(Records contained in a dataset)

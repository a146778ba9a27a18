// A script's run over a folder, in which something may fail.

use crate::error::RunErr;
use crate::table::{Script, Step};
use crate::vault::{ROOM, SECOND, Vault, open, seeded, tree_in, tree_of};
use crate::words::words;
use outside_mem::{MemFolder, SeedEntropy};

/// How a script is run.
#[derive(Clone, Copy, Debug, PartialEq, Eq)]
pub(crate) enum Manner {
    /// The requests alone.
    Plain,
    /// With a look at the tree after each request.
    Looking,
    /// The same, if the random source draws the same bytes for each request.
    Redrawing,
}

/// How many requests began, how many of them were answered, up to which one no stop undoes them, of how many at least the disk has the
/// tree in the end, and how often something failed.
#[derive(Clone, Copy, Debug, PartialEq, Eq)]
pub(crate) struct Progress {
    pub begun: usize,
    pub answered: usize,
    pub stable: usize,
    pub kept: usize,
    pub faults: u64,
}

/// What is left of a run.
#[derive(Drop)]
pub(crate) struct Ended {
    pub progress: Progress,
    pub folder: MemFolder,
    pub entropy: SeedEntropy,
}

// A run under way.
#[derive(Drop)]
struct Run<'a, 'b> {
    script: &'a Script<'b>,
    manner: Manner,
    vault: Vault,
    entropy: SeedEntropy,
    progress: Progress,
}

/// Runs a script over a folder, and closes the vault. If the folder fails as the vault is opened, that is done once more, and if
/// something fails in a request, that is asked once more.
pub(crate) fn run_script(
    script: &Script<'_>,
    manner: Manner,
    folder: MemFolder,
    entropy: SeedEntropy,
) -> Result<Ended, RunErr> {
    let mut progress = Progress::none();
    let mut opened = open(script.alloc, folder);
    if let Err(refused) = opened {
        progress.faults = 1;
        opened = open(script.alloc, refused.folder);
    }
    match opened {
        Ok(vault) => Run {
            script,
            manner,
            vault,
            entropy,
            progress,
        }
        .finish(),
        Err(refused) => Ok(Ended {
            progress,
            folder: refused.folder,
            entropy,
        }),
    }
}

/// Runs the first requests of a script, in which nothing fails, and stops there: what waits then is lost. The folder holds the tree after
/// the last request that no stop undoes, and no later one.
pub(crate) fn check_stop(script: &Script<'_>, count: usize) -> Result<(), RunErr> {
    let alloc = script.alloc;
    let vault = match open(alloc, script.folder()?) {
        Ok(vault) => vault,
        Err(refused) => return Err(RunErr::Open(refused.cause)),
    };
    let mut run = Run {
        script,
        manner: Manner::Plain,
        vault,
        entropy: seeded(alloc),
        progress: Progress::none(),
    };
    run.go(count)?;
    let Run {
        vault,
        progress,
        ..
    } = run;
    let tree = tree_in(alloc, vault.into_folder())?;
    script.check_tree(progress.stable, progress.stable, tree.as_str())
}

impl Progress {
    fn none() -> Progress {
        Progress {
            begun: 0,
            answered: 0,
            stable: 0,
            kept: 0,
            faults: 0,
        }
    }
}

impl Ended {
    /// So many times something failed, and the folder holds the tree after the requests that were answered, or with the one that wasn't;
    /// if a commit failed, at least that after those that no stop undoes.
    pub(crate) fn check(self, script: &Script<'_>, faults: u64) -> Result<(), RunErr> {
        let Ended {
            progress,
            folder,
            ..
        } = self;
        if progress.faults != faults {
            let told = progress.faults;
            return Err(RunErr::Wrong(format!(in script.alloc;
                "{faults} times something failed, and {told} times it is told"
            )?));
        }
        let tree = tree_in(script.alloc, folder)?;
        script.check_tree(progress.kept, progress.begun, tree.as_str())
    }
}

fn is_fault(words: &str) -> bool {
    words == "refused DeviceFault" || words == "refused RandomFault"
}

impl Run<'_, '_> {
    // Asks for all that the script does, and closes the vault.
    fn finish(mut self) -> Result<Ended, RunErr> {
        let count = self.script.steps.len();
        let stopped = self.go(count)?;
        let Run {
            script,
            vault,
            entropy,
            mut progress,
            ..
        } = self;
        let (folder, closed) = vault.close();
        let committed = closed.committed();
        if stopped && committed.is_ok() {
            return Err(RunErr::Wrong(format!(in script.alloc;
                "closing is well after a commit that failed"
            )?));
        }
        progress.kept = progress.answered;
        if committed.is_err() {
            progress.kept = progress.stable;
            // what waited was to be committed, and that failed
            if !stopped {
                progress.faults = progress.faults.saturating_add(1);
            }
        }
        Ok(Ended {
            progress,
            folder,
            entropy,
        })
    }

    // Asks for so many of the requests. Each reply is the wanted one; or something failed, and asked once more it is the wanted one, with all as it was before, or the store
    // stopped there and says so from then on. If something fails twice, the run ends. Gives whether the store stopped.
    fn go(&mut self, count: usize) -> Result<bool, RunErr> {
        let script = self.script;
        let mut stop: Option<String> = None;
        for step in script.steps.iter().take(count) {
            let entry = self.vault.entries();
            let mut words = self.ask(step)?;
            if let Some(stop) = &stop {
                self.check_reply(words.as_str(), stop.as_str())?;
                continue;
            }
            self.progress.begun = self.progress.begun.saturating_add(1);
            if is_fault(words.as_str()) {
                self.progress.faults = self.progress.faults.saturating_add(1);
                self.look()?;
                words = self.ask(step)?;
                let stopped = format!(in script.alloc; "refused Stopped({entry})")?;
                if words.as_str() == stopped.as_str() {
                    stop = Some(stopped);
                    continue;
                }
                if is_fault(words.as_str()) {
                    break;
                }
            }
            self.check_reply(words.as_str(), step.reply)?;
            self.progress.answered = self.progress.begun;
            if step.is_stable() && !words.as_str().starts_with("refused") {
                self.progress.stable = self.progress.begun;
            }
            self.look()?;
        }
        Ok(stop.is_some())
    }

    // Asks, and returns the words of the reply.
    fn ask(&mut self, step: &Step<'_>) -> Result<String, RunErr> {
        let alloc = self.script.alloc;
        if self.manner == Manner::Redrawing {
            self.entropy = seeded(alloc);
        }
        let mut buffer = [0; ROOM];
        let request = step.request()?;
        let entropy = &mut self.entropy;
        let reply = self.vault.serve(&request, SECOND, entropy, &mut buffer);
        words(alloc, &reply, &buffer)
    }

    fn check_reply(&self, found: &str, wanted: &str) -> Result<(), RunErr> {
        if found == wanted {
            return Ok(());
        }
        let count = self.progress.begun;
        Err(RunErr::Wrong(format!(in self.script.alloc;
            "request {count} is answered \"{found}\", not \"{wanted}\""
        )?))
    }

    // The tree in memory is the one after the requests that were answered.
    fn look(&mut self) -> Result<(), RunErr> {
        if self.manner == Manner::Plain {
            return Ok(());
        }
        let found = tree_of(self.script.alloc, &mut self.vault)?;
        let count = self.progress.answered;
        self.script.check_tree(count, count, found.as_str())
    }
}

• [TASK DETAILS] Could you restate word for word the lines above from the one containing "Err(refused) => return" through the one containing "let tree = tree_in(alloc, vault.into_folder())?;", both included, and nothing else?

• [OUTPUT OF THE EXERCISE]
        Err(refused) => return Err(RunErr::Open(refused.cause)),
    };
    let mut run = Run {
        script,
        manner: Manner::Plain,
        vault,
        entropy: seeded(alloc),
        progress: Progress::none(),
    };
    run.go(count)?;
    let Run {
        vault,
        progress,
        ..
    } = run;
    let tree = tree_in(alloc, vault.into_folder())?;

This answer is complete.